For those outcomes included in the WHI "global index" that reached statistical significance after 5.6 years of follow-up, the absolute excess risks per 10,000 women-years in the group treated with CE plus MPA were 7 more CHD events, 8 more strokes, 10 more PEs, and 8 more invasive breast cancers, while the absolute risk reductions per 10,000 women-years were 6 fewer colorectal cancers and 5 fewer hip fractures.
Results of the CE plus MPA substudy, which included 16,608 women (average 63 years of age, range 50 to 79; 83.9% White, 6.8% Black, 5.4% Hispanic, 3.9% Other) are presented in Table 5. These results reflect centrally adjudicated data after an average follow-up of 5.6 years.
Table 5: Relative and Absolute Risk Seen in the Estrogen Plus Progestin Substudy of WHI at an Average of 5.6 YearsAdapted from numerous WHI publications. WHI publications can be viewed at www.nhlbi.nih.gov/whi.
.Results are based on centrally adjudicated data.
| Event | Relative Risk CE/MPA vs Placebo (95% nCI Nominal confidence intervals unadjusted for multiple looks and multiple comparisons. ) | CE/MPA N = 8.506 | Placebo N = 8,102 |
|---|
| | Absolute Risk per 10,000 Women-Years |
|---|
CHD events Non-fatal MI CHD death | 1.23 (0.99-1.53) 1.28 (1.00-1.63) 1.10 (0.70-1.75) | 41 31 8 | 34 25 8 |
All Strokes Ischemic stroke | 1.31 (1.03-1.68) 1.44 (1.09-1.90) | 33 26 | 25 18 |
| Deep vein thrombosis Not included in "global index." | 1.95 (1.43-2.67) | 26 | 13 |
| Pulmonary embolism | 2.13 (1.45-3.11) | 18 | 8 |
| Invasive breast cancer Includes metastatic and non-metastatic breast cancer with the exception of in situ cancer. | 1.24 (1.01-1.54) | 41 | 33 |
| Colorectal cancer | 0.61 (0.42-0.87) | 10 | 16 |
| Endometrial cancer | 0.81 (0.48-1.36) | 6 | 7 |
| Cervical cancer | 1.44 (0.47-4.42) | 2 | 1 |
| Hip fracture | 0.67 (0.47-0.96) | 11 | 16 |
| Vertebral fractures | 0.65 (0.46-0.92) | 11 | 17 |
| Lower arm/wrist fracture | 0.71 (0.59-0.85) | 44 | 62 |
| Total fractures | 0.76 (0.69-0.83) | 152 | 199 |
| Overall mortality, All deaths, except from breast or colorectal cancer, definite or probable CHD, PE or cerebrovascular disease. | 1.00 (0.83-1.19) | 52 | 52 |
| Global Index A subset of the events was combined in a "global index," defined as the earliest occurrence of CHD events, invasive breast cancer, stroke, PE, colorectal cancer, hip fracture, or death due to other causes. | 1.13 (1.02-1.25) | 184 | 165 |
Timing of the initiation of estrogen plus progestin therapy relative to the start of menopause may affect the overall risk benefit profile.

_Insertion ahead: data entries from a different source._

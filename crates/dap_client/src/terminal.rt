//! What became of a command that the adapter wanted to run in a terminal.
//!
//! Specification, "RunInTerminalResponse".
ghost use Rattle.std.specs.Prelude.{◌≡◌};
ghost use Rattle.dap_command.specs.Numbers.{is_number, is_none_or};
ghost use Rattle.dap_client.specs.TerminalResponse.{is_plain_terminal};

/// The greatest number of a process.
const MAX_PROCESS: u32 = 2147483647;

/// What became of the command.
#[derive(Clone, Copy, Debug, PartialEq, Eq)]
pub enum Terminal {
    /// It runs: its process and the shell's, each 0 to 2147483647, where it is known.
    Started {
        process_id: Option<u32>,
        shell_process_id: Option<u32>,
    },
    /// It does not run.
    Refused,
}

fn is_process(id: Option<u32>) -> bool
    ensures { result ≡ is_none_or is_number id }
{
    match id {
        None => true,
        Some(id) => id <= MAX_PROCESS,
    }
}

impl Terminal {
    ghost use Rattle.dap_client.specs.TerminalResponse.{is_plain_terminal};

    /// Whether it can be written: the numbers of processes are in their range.
    pub fn plain(self) -> bool
        ensures { result ≡ is_plain_terminal self }
    {
        match self {
            Terminal::Started {
                process_id,
                shell_process_id,
            } => is_process(process_id) && is_process(shell_process_id),
            Terminal::Refused => true,
        }
    }
}
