/// A whole session, a run with a pause and an exit, and two in which a terminal is asked for. What their lines say stands in `test_kit`, `served.rt`.
static SESSIONS: [&str; 4] = [
    r#"
row a whole session
> {"seq":1,"type":"request","command":"initialize","arguments":{"adapterID":"rec"}}
< capabilities seq 1 to 1
< {"event":"initialized","seq":2,"type":"event"}
phase Ready
> {"seq":2,"type":"request","command":"launch"}
phase Parked
> {"seq":3,"type":"request","command":"configurationDone"}
< {"command":"configurationDone","request_seq":3,"seq":3,"success":true,"type":"response"}
< {"command":"launch","request_seq":2,"seq":4,"success":true,"type":"response"}
< {"body":{"category":"stdout","output":"go\n"},"event":"output","seq":5,"type":"event"}
< {"body":{"allThreadsStopped":true,"reason":"entry","threadId":1},"event":"stopped","seq":6,"type":"event"}
phase Stopped
> {"seq":4,"type":"request","command":"threads"}
< {"body":{"threads":[{"id":1,"name":"main"}]},"command":"threads","request_seq":4,"seq":7,"success":true,"type":"response"}
phase Stopped
> {"seq":5,"type":"request","command":"next","arguments":{"threadId":1}}
< {"command":"next","request_seq":5,"seq":8,"success":true,"type":"response"}
< {"body":{"allThreadsStopped":true,"reason":"step","threadId":1},"event":"stopped","seq":9,"type":"event"}
phase Stopped
> {"seq":6,"type":"request","command":"stepBack","arguments":{"threadId":1}}
< {"command":"stepBack","request_seq":6,"seq":10,"success":true,"type":"response"}
< {"body":{"allThreadsStopped":true,"reason":"step","threadId":1},"event":"stopped","seq":11,"type":"event"}
phase Stopped
> {"seq":7,"type":"request","command":"continue","arguments":{"threadId":1}}
< {"body":{"allThreadsContinued":true},"command":"continue","request_seq":7,"seq":12,"success":true,"type":"response"}
phase Running
> {"seq":8,"type":"request","command":"pause","arguments":{"threadId":1}}
< {"command":"pause","request_seq":8,"seq":13,"success":true,"type":"response"}
< {"body":{"allThreadsStopped":true,"reason":"pause","threadId":1},"event":"stopped","seq":14,"type":"event"}
phase Stopped
> {"seq":9,"type":"request","command":"continue","arguments":{"threadId":1}}
< {"body":{"allThreadsContinued":true},"command":"continue","request_seq":9,"seq":15,"success":true,"type":"response"}
< {"body":{"exitCode":0},"event":"exited","seq":16,"type":"event"}
< {"event":"terminated","seq":17,"type":"event"}
phase Exited
> {"seq":10,"type":"request","command":"disconnect"}
< {"command":"disconnect","request_seq":10,"seq":18,"success":true,"type":"response"}
phase Ended
"#,
    r#"
row a run with a pause and an exit
> {"seq":1,"type":"request","command":"initialize","arguments":{"adapterID":"rec"}}
< capabilities seq 1 to 1
< {"event":"initialized","seq":2,"type":"event"}
phase Ready
> {"seq":2,"type":"request","command":"launch"}
phase Parked
> {"seq":3,"type":"request","command":"configurationDone"}
< {"command":"configurationDone","request_seq":3,"seq":3,"success":true,"type":"response"}
< {"command":"launch","request_seq":2,"seq":4,"success":true,"type":"response"}
< {"body":{"category":"stdout","output":"go\n"},"event":"output","seq":5,"type":"event"}
< {"body":{"allThreadsStopped":true,"reason":"entry","threadId":1},"event":"stopped","seq":6,"type":"event"}
phase Stopped
> {"seq":4,"type":"request","command":"continue","arguments":{"threadId":1}}
< {"body":{"allThreadsContinued":true},"command":"continue","request_seq":4,"seq":7,"success":true,"type":"response"}
phase Running
> {"seq":5,"type":"request","command":"stackTrace","arguments":{"threadId":1}}
< notStopped seq 8 to 5 stackTrace
phase Running
> {"seq":6,"type":"request","command":"pause","arguments":{"threadId":1}}
< {"command":"pause","request_seq":6,"seq":9,"success":true,"type":"response"}
< {"body":{"allThreadsStopped":true,"reason":"pause","threadId":1},"event":"stopped","seq":10,"type":"event"}
phase Stopped
> {"seq":7,"type":"request","command":"continue","arguments":{"threadId":1}}
< {"body":{"allThreadsContinued":true},"command":"continue","request_seq":7,"seq":11,"success":true,"type":"response"}
< {"body":{"exitCode":0},"event":"exited","seq":12,"type":"event"}
< {"event":"terminated","seq":13,"type":"event"}
phase Exited
"#,
    r#"
row a session in a terminal
> {"seq":1,"type":"request","command":"initialize","arguments":{"adapterID":"rec","supportsRunInTerminalRequest":true}}
< capabilities seq 1 to 1
< {"event":"initialized","seq":2,"type":"event"}
phase Ready
> {"seq":2,"type":"request","command":"launch","arguments":{"console":"terminal"}}
phase Parked
> {"seq":3,"type":"request","command":"configurationDone"}
< {"command":"configurationDone","request_seq":3,"seq":3,"success":true,"type":"response"}
< {"arguments":{"args":["recorded"],"cwd":"/","kind":"integrated","title":"recorded"},"command":"runInTerminal","seq":4,"type":"request"}
phase Asked
> {"body":{},"command":"runInTerminal","request_seq":4,"seq":4,"success":true,"type":"response"}
< {"command":"launch","request_seq":2,"seq":5,"success":true,"type":"response"}
< {"body":{"category":"stdout","output":"go\n"},"event":"output","seq":6,"type":"event"}
< {"body":{"allThreadsStopped":true,"reason":"entry","threadId":1},"event":"stopped","seq":7,"type":"event"}
phase Stopped
"#,
    r#"
row a terminal that is refused, and one that is waited for
> {"seq":1,"type":"request","command":"initialize","arguments":{"adapterID":"rec","supportsRunInTerminalRequest":true}}
< capabilities seq 1 to 1
< {"event":"initialized","seq":2,"type":"event"}
phase Ready
> {"seq":2,"type":"request","command":"configurationDone"}
< {"command":"configurationDone","request_seq":2,"seq":3,"success":true,"type":"response"}
phase Configured
> {"seq":3,"type":"request","command":"launch","arguments":{"console":"terminal"}}
< terminal seq 4
phase Asked
> {"seq":4,"type":"response","request_seq":4,"success":false,"command":"runInTerminal","message":"no"}
< debuggee seq 5 to 3 launch
phase Configured
> {"seq":5,"type":"request","command":"launch","arguments":{"console":"terminal"}}
< terminal seq 6
phase Asked
> {"seq":6,"type":"request","command":"threads"}
< {"body":{"threads":[]},"command":"threads","request_seq":6,"seq":7,"success":true,"type":"response"}
phase Asked
> {"seq":7,"type":"request","command":"disconnect"}
< cancelled seq 8 to 5 launch
< {"command":"disconnect","request_seq":7,"seq":9,"success":true,"type":"response"}
phase Ended
"#,
];

/// The last of the ends that a front of the input holds.
fn reached(ends: &[(usize, usize, Phase)], count: usize) -> (usize, usize, Phase) {
    let mut last = (0, 0, Phase::Fresh);
    for end in ends {
        if end.0 <= count {
            last = *end;
        }
    }
    last
}

/// How far the session is at its end.
fn last_phase(whole: &Stream) -> Phase {
    let (_, _, phase) = reached(&whole.ends, whole.input.len());
    phase
}

/// Whether bytes behind `disconnect` change nothing.
fn is_over(alloc: Global, whole: &Stream, later: &[u8]) -> bool {
    let mut input = Vec::new(alloc);
    input.extend_from_slice(&whole.input).is_ok()
        && input.extend_from_slice(later).is_ok()
        && is_served(
            alloc,
            Limits::usual(),
            (&input, pieces(4096)),
            clean(Phase::Ended),
            &whole.answers,
        )
}

/// Whether bytes behind a session of this length change nothing.
fn is_over_behind(alloc: Global, whole: &Stream) -> bool {
    (whole.input.len(), whole.answers.len()) == (861, 2182)
        && is_over(alloc, whole, b"Content-Length: 46")
        && is_over(alloc, whole, b"\r\n\r\n")
        && is_over(alloc, whole, b"Content-Length: 0\r\n\r\n")
}

/// The size of pieces in which the session is served otherwise.
fn other_piece(alloc: Global, whole: &Stream) -> Option<usize> {
    other_size(alloc, &whole.input, &whole.answers, last_phase(whole), 200)
}

/// The first so many bytes, where there are as many.
fn front(bytes: &[u8], count: usize) -> &[u8] {
    let (front, _) = bytes.split_at(count.min(bytes.len()));
    front
}

/// Whether a front of the session is served up to its last whole frame.
fn is_cut(alloc: Global, whole: &Stream, count: usize) -> bool {
    let (last, length, phase) = reached(&whole.ends, count);
    let end = if last == count {
        End::Clean
    } else {
        End::Truncated
    };
    let stream = (front(&whole.input, count), pieces(100));
    let answers = front(&whole.answers, length);
    is_served(
        alloc,
        Limits::usual(),
        stream,
        Ok(Served { end, phase }),
        answers,
    )
}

The WHI estrogen plus progestin substudy stratified by age showed in women 50-59 years of age, a non-significant trend toward reduced risk for overall mortality [HR 0.69 (95% CI, 0.44 to 1.07)].
Vaginal Bleeding
Inform postmenopausal women of the importance of reporting vaginal bleeding to their healthcare provider as soon as possible [see Warnings and Precautions (5.3)].

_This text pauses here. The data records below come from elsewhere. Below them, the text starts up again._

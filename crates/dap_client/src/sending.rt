//! What comes of a call that is to be sent.
ghost use Rattle.std.specs.Prelude.{◌≡◌, ◌+◌, ◌<◌, ◌≤◌, length, IfOk, IfErr, IfNone, OnOk, OnErr, IsTrue, false, Some, None};
ghost use Rattle.std.specs.List.{list_all};
ghost use Rattle.dap_json.specs.Field.{max_seq};
ghost use Rattle.dap_envelope.specs.Canon.{canon};
ghost use Rattle.dap_envelope.specs.ReadBack.{ReadsBack};
ghost use Rattle.dap_call.specs.PlainCall.{is_plain_call};
ghost use Rattle.dap_call.specs.declared.call.Call.{Call};
ghost use Rattle.dap_tables.specs.Known.{has_pair};
ghost use Rattle.dap_client.specs.References.{are_known, optional_frame};
ghost use Rattle.dap_client.specs.Sending.{first_of, early_refusals, late_refusals, refusals_in_order, next_message, request_of, sent_bytes, after_send};
ghost use Rattle.dap_call.specs.CallTree.{call_tree, command_of};
ghost use Rattle.dap_client.specs.Seen.{resumer_by, announced_after as announced_after_call, after_sent};
ghost use Rattle.dap_client.specs.Keeping.{IsWhyNotSent, IsWhyLate};

use crate::change::Change;
use crate::fault::SendFault;
use crate::got::Sent;
use crate::laws::each_name_is_short;
use crate::phase::Phase;
use crate::session::Session;
use crate::{changes, table};
use dap_call::laws::written_call_is_plain;
use dap_call::{Call, CallObject, write_call};
use dap_frame::frame_from;
use dap_json::{Text, Tree};
use dap_message::append_request;
use dap_tables::{Entry, ReferenceKind};
use std::alloc::{AllocError, Global};

/// The number of the request that made the phase Resuming, once a request of this number was sent.
fn resumer_after(change: Option<Change>, seq: u64, before: u64) -> u64
    ensures { result ≡ resumer_by change seq before }
{
    match change {
        None => before,
        Some(change) => match change.to {
            Phase::Resuming => seq,
            _ => before,
        },
    }
}

/// Whether the client runs terminals, once a call was sent.
fn announced_after(call: &Call, before: bool) -> bool
    ensures { result ≡ announced_after_call (command_of call.now) (call_tree call.now) before }
{
    match call {
        Call::Initialize(asked) => asked.supports_run_in_terminal_request,
        _ => before,
    }
}

/// The request of a call. Its number may be past the greatest one.
fn request(alloc: Global, seq: u64, call: &Call) -> Result<Entry, AllocError>
    requires { IsTrue (is_plain_call call.now) }
    ensures { IfOk result (λ r. r ≡ request_of seq call.now) }
{
    let command = Text::copied(alloc, call.command().name())?;
    let arguments = write_call(alloc, call)?.map(Tree::new);
    Ok(Entry {
        seq,
        command,
        arguments,
    })
}

impl Session {
    fn knows_frame(&self, frame: Option<u32>) -> bool
        ensures { result ≡ list_all (λ p. has_pair p self.now.seen.known) (optional_frame frame) }
    {
        match frame {
            None => true,
            Some(number) => self.known.has(ReferenceKind::Frame, number),
        }
    }

    /// Whether all references that a call uses are known, each in its kind.
    fn knows(&self, call: &Call) -> bool
        ensures { result ≡ are_known call.now self.now.seen.known }
    {
        match call.object() {
            CallObject::Frame(number) => self.knows_frame(number),
            CallObject::Holder(number) => self.known.has(ReferenceKind::Holder, number),
            _ => true,
        }
    }

    /// The first refusal of those that are told without memory.
    pub(crate) fn early_refusal(&self, closed: bool, call: &Call) -> Option<SendFault>
        ensures { result ≡ first_of early_refusals call.now closed self.now }
    {
        let command = call.command();
        let waits = table::waits_for_stop(command, self.phase);
        if closed || self.phase == Phase::Ended {
            return Some(SendFault::Ended);
        }
        if !table::is_sent_in(command, self.phase, self.ready) && !waits {
            return Some(SendFault::WrongPhase);
        }
        if !self.capabilities.allows(command) {
            return Some(SendFault::NotSupported);
        }
        if waits {
            return Some(SendFault::NotStopped);
        }
        if !self.knows(call) {
            return Some(SendFault::UnknownReference);
        }
        None
    }

    /// The first of the other refusals, of a request with so many bytes.
    fn late_refusal(&self, measured: usize) -> Option<SendFault>
        ensures first { (c : Call) → length (canon (next_message self.now c)) ≡ measured → result ≡ first_of late_refusals c false self.now }
        ensures left { IfNone result (self.now.used < self.now.limits.seq) }
        ensures room { IfNone result (length self.now.outstanding < self.now.limits.requests) }
        ensures fits { IfNone result (measured ≤ self.now.limits.body) }
        ensures greatest { self.now.limits.seq ≤ max_seq }
    {
        if measured > self.limits.body() {
            return Some(SendFault::TooLarge);
        }
        if self.outstanding.is_full() {
            return Some(SendFault::Full);
        }
        if self.numbers.left() == 0 {
            return Some(SendFault::SeqExhausted);
        }
        None
    }

    /// What the sending of a call changes.
    fn note_sent(&mut self, seq: u64, call: &Call)
        ensures { self.new ≡ record self.old { seen = after_sent seq (command_of call.now) (call_tree call.now) self.old.seen } }
    {
        let change = changes::by_sending(call.command(), self.phase);
        self.announced = announced_after(call, self.announced);
        self.resumer = resumer_after(change, seq, self.resumer);
        self.change(change);
    }

    /// The request of a call, as it is kept and as it is written, if no late refusal holds.
    fn prepared(&self, alloc: Global, call: &Call) -> Result<(Entry, Vec<u8>), SendFault>
        requires { IsTrue (is_plain_call call.now) }
        ensures entry { IfOk result (λ p. p.0 ≡ request_of (self.now.used + 1) call.now) }
        ensures bytes { IfOk result (λ p. p.1.items ≡ sent_bytes self.now call.now) }
        ensures left { OnOk result (self.now.used < self.now.limits.seq) }
        ensures room { OnOk result (length self.now.outstanding < self.now.limits.requests) }
        ensures fine { OnOk result (first_of late_refusals call.now false self.now ≡ None) }
        ensures reads_back { OnOk result (ReadsBack self.now.limits.body (next_message self.now call.now)) }
        ensures refused { IfErr result (λ fault. IsWhyLate fault call.now self.now) }
    {
        // Laws for the proof: what a plain call is written as can be written, and its name is read.
        written_call_is_plain();
        each_name_is_short();
        let entry = request(alloc, self.next_seq(), call)?;
        let mut bytes = Vec::new(alloc);
        let command = entry.command.as_str();
        append_request(alloc, &mut bytes, entry.seq, command, &entry.arguments)?;
        if let Some(fault) = self.late_refusal(bytes.len()) {
            return Err(fault);
        }
        frame_from(&mut bytes, 0)?;
        Ok((entry, bytes))
    }

    /// Sends a call, or refuses it.
    pub(crate) fn send(
        &mut self,
        alloc: Global,
        closed: bool,
        call: &Call,
    ) -> Result<Sent, SendFault>
        requires { IsTrue (is_plain_call call.now) }
        ensures limits { self.new.limits ≡ self.old.limits }
        ensures sent { OnOk result (first_of refusals_in_order call.now closed self.old ≡ None) }
        ensures seq { IfOk result (λ sent. sent.seq ≡ self.old.used + 1) }
        ensures bytes { IfOk result (λ sent. sent.bytes.items ≡ sent_bytes self.old call.now) }
        ensures session { OnOk result (self.new ≡ after_send call.now self.old) }
        ensures reads_back { OnOk result (ReadsBack self.old.limits.body (next_message self.old call.now)) }
        ensures refused { IfErr result (λ fault. IsWhyNotSent fault call.now closed self.old) }
        ensures unchanged { OnErr result (self.new ≡ self.old) }
    {
        match self.early_refusal(closed, call) {
            Some(fault) => return Err(fault),
            None => {}
        }
        let (entry, bytes) = match self.prepared(alloc, call) {
            Ok(prepared) => prepared,
            Err(fault) => return Err(fault),
        };
        let seq = entry.seq;
        self.keep(entry);
        self.note_sent(seq, call);
        Ok(Sent { seq, bytes })
    }
}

Possible Serious Adverse Reactions with Estrogen-Alone Therapy
Inform postmenopausal women of possible serious adverse reactions of estrogen-alone therapy including Cardiovascular Disorders, Malignant Neoplasms, and Probable Dementia [see Warnings and Precautions (5.2, 5.3, 5.4)].
Possible Common Adverse Reactions with Estrogen-Alone Therapy
Inform postmenopausal women of possible less serious but common adverse reactions of estrogen-alone therapy such as headache, breast pain and tenderness, nausea and vomiting.